The idea of environmental racism is, like all mentions of racism in America, controversial. Even in the age of climate change, many people still view the environment mostly as a set of forces of nature, one that cannot favor or disfavor one group or another. And even those who recognize that the human sphere of influence shapes almost every molecule of the places in which humans live, from the climate to the weather to the air they breathe, are often loathe to concede that racism is a factor. To many people, racism often connotes purposeful decisions by a master hand, and many see existing segregation as a self-sorting or poverty problem. Couldn’t the presence of landfills and factories in disproportionately black neighborhoods have more to do with the fact that black people tend to be disproportionately poor and thus live in less desirable neighborhoods?

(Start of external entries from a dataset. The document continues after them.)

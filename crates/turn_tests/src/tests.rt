//! The callers in threads. Each test joins its threads, and sees the same under every schedule.

ghost use Rattle.std.specs.Prelude.{◌≡◌};
ghost use Rattle.turn_lock.specs.Passes.{SamePass, told_by};
ghost use Rattle.turn_tests.specs.Passes.{IsFirst};

use crate::callers::{add_one, fail_one, finish_one, open};
use crate::numbers::Numbers;
use crate::threads::{many_callers, two_callers};
use std::sync::{Barrier, Wait};
use std::test::Fail;
use std::thread::{Threads, join, yield_now};
use turn_lock::{Pass, Turn};

/// Whether the numbers under a pass are these, in their order.
fn stand_under(value: &Numbers, by: u32, numbers: &[u32]) -> bool {
    let mut rest = numbers.iter();
    for &(pass, number) in &value.log {
        if pass == by && rest.next() != Some(&number) {
            return false;
        }
    }
    rest.next().is_none()
}

#[test]
fn two_callers_keep_their_orders(rt: HostRuntime) -> Result<(), Fail> {
    let alloc = rt.alloc();
    let first: Vec<u32> = (0..100).collect(alloc)?;
    let second: Vec<u32> = (1_000..1_100).rev().collect(alloc)?;
    let (turn, pass) = open(alloc, 7)?;
    let value = two_callers(&rt, turn, pass, &first, &second);
    assert!(rt; value.log.len() == 200);
    assert!(rt; stand_under(&value, 0, &first));
    assert!(rt; stand_under(&value, 4_294_967_294, &second));
    Ok(())
}

#[test]
fn eight_callers_keep_their_orders(rt: HostRuntime) -> Result<(), Fail> {
    let alloc = rt.alloc();
    let numbers: Vec<u32> = (0..20).collect(alloc)?;
    let (turn, pass) = open(alloc, 7)?;
    let value = many_callers(&rt, turn, pass, 7, &numbers);
    assert!(rt; value.log.len() == 160);
    assert!(rt; stand_under(&value, 0, &numbers));
    for by in 4_294_967_288..=4_294_967_294 {
        assert!(rt; stand_under(&value, by, &numbers), "under {by}");
    }
    Ok(())
}

/// Adds 1 in a first turn, in which the other thread begins to wait for its own, and 2 in a second.
fn add_twice<R: Wait>(
    rt: &R,
    turn: &Turn<Numbers>,
    pass: Pass<Numbers>,
    begun: &Barrier,
) -> Pass<Numbers>
    requires turn { pass.seat.table_id ≡ turn.now.table.shared.table_id }
    ensures turn { result.seat.table_id ≡ pass.seat.table_id }
    ensures same { SamePass (told_by pass.seat) (told_by result.seat) }
{
    let by = pass.number();
    let mut held = turn.enter(rt, pass);
    begun.wait(rt);
    for _ in 0..1_000 {
        yield_now();
    }
    held.value.add(by, 1);
    let (pass, _added) = add_one(rt, turn, turn.leave(held), 2);
    pass
}

/// Adds 3 once the other thread has the turn.
fn add_beside<R: Wait>(
    rt: &R,
    turn: &Turn<Numbers>,
    pass: Pass<Numbers>,
    begun: &Barrier,
) -> Pass<Numbers>
    requires turn { pass.seat.table_id ≡ turn.now.table.shared.table_id }
    ensures turn { result.seat.table_id ≡ pass.seat.table_id }
    ensures same { SamePass (told_by pass.seat) (told_by result.seat) }
{
    begun.wait(rt);
    let (pass, _added) = add_one(rt, turn, pass, 3);
    pass
}

/// The two of them in two threads.
fn enter_both<R: Threads + Wait + Sync>(
    rt: &R,
    turn: &Turn<Numbers>,
    pass: Pass<Numbers>,
    other: Pass<Numbers>,
    begun: &Barrier,
) -> (Pass<Numbers>, Pass<Numbers>)
    requires turns { (pass.seat.table_id ≡ turn.now.table.shared.table_id)
        × (other.seat.table_id ≡ turn.now.table.shared.table_id) }
    ensures turns { (result.0.seat.table_id ≡ pass.seat.table_id)
        × (result.1.seat.table_id ≡ other.seat.table_id) }
    ensures same { SamePass (told_by pass.seat) (told_by result.0.seat)
        × SamePass (told_by other.seat) (told_by result.1.seat) }
{
    join(
        rt,
        || -> Pass<Numbers>
            requires { pass.seat.table_id ≡ turn.now.table.shared.table_id }
            ensures { (result.seat.table_id ≡ pass.seat.table_id)
                × SamePass (told_by pass.seat) (told_by result.seat) }
        { add_twice(rt, turn, pass, begun) },
        || -> Pass<Numbers>
            requires { other.seat.table_id ≡ turn.now.table.shared.table_id }
            ensures { (result.seat.table_id ≡ other.seat.table_id)
                × SamePass (told_by other.seat) (told_by result.seat) }
        { add_beside(rt, turn, other, begun) },
    )
}

fn enter_twice<R: Threads + Wait + Sync>(
    rt: &R,
    turn: Turn<Numbers>,
    mut pass: Pass<Numbers>,
) -> Numbers
    requires turn { pass.seat.table_id ≡ turn.table.shared.table_id }
    requires first { IsFirst (told_by pass.seat) }
{
    let begun = Barrier::new(2);
    let other = turn.split(&mut pass, 0);
    let (mut pass, other) = enter_both(rt, &turn, pass, other, &begun);
    turn.join(&mut pass, other);
    turn.close(pass)
}

#[test]
fn a_pass_enters_twice_while_another_waits(rt: HostRuntime) -> Result<(), Fail> {
    let (turn, pass) = open(rt.alloc(), 7)?;
    let value = enter_twice(&rt, turn, pass);
    assert!(rt; value.log.len() == 3);
    assert!(rt; value.log.first() == Some(&(0, 1)));
    assert!(rt; stand_under(&value, 0, &[1, 2]));
    assert!(rt; stand_under(&value, 4_294_967_294, &[3]));
    Ok(())
}

/// A turn that fails, and one that finishes.
fn fail_and_finish<R: Wait>(
    rt: &R,
    turn: &Turn<Numbers>,
    pass: Pass<Numbers>,
    failure: (u32, u32),
) -> Pass<Numbers>
    requires turn { pass.seat.table_id ≡ turn.now.table.shared.table_id }
    ensures turn { result.seat.table_id ≡ pass.seat.table_id }
    ensures same { SamePass (told_by pass.seat) (told_by result.seat) }
{
    let (pass, _failed) = fail_one(rt, turn, pass, failure);
    finish_one(rt, turn, pass)
}

/// Three turns of two passes that fail, and three that finish.
fn fail_thrice<R: Wait>(rt: &R, turn: Turn<Numbers>, mut pass: Pass<Numbers>) -> Numbers
    requires turn { pass.seat.table_id ≡ turn.table.shared.table_id }
    requires first { IsFirst (told_by pass.seat) }
{
    let other = turn.split(&mut pass, 0);
    let other = fail_and_finish(rt, &turn, other, (1, 7));
    let mut pass = fail_and_finish(rt, &turn, pass, (2, 9));
    let other = fail_and_finish(rt, &turn, other, (3, 8));
    turn.join(&mut pass, other);
    turn.close(pass)
}

#[test]
fn what_turns_told_is_there_at_the_end(rt: HostRuntime) -> Result<(), Fail> {
    let (turn, pass) = open(rt.alloc(), 7)?;
    let value = fail_thrice(&rt, turn, pass);
    assert!(rt; value.first == 7);
    assert!(rt; value.log.is_empty());
    assert!(rt; value.level == 3);
    assert!(rt; value.closer == Some(4_294_967_294));
    assert!(rt; value.failure == Some((1, 7)));
    assert!(rt; value.failed.as_slice() == [4_294_967_294, 0, 4_294_967_294].as_slice());
    Ok(())
}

But last week’s study throws more water on that increasingly tenuous line of thinking. While it lacks the kind of complex multivariate design that can really disentangle the exact effects of poverty and race, the finding that race has a stronger effect on exposure to pollutants than poverty indicates that something beyond just the concentration of poverty among black people and Latinos is at play. As the study’s authors write: “A focus on poverty to the exclusion of race may be insufficient to meet the needs of all burdened populations.” Their finding that the magnitude of pollution seems to be higher in communities of color than the number of polluters suggests, indicates that regulations and business decisions are strongly dependent on whether people of color are around. In other words, they might be discriminatory.
This is a remarkable finding, and not only because it could provide one more policy linkage to any number of health disparities, from heart disease to asthma rates in black children that are double those of white children. But the study also stands as an implicit rebuke to the very administration that allowed its release.
Under the guidance of President Trump and Administrator Scott Pruitt, the EPA has begun to walk back already anemic federal environmental-justice work, putting a stop to some civil-rights investigations and replacing or firing many of the scientists with deep technical knowledge of the subject. Last year, facing cuts to the environmental-justice program that seem likely to continue, former assistant associate administrator Mustafa Santiago Ali resigned. Further changes to move the offices of environmental justice into a policy office staffed by Pruitt hires promise to further reduce the autonomy of life-long environmental-justice staffers and reduce the effectiveness of their work.
More broadly, with a defiant stance against climate and environmental science, Trump and Pruitt have begun a rollback of environmental protections. Pruitt appears to be dismantling Clean Air Act provisions at every turn, and while Trump’s promises to save the coal industry have produced no real policy in his first year, there are still opportunities in 2018 and beyond. And while all these actions in the aggregate will likely increase the amount of particulate matter in the air for everyone, the White House’s own research shows what Marvin Gaye saw 47 years ago: The burden will be increased most on people of color.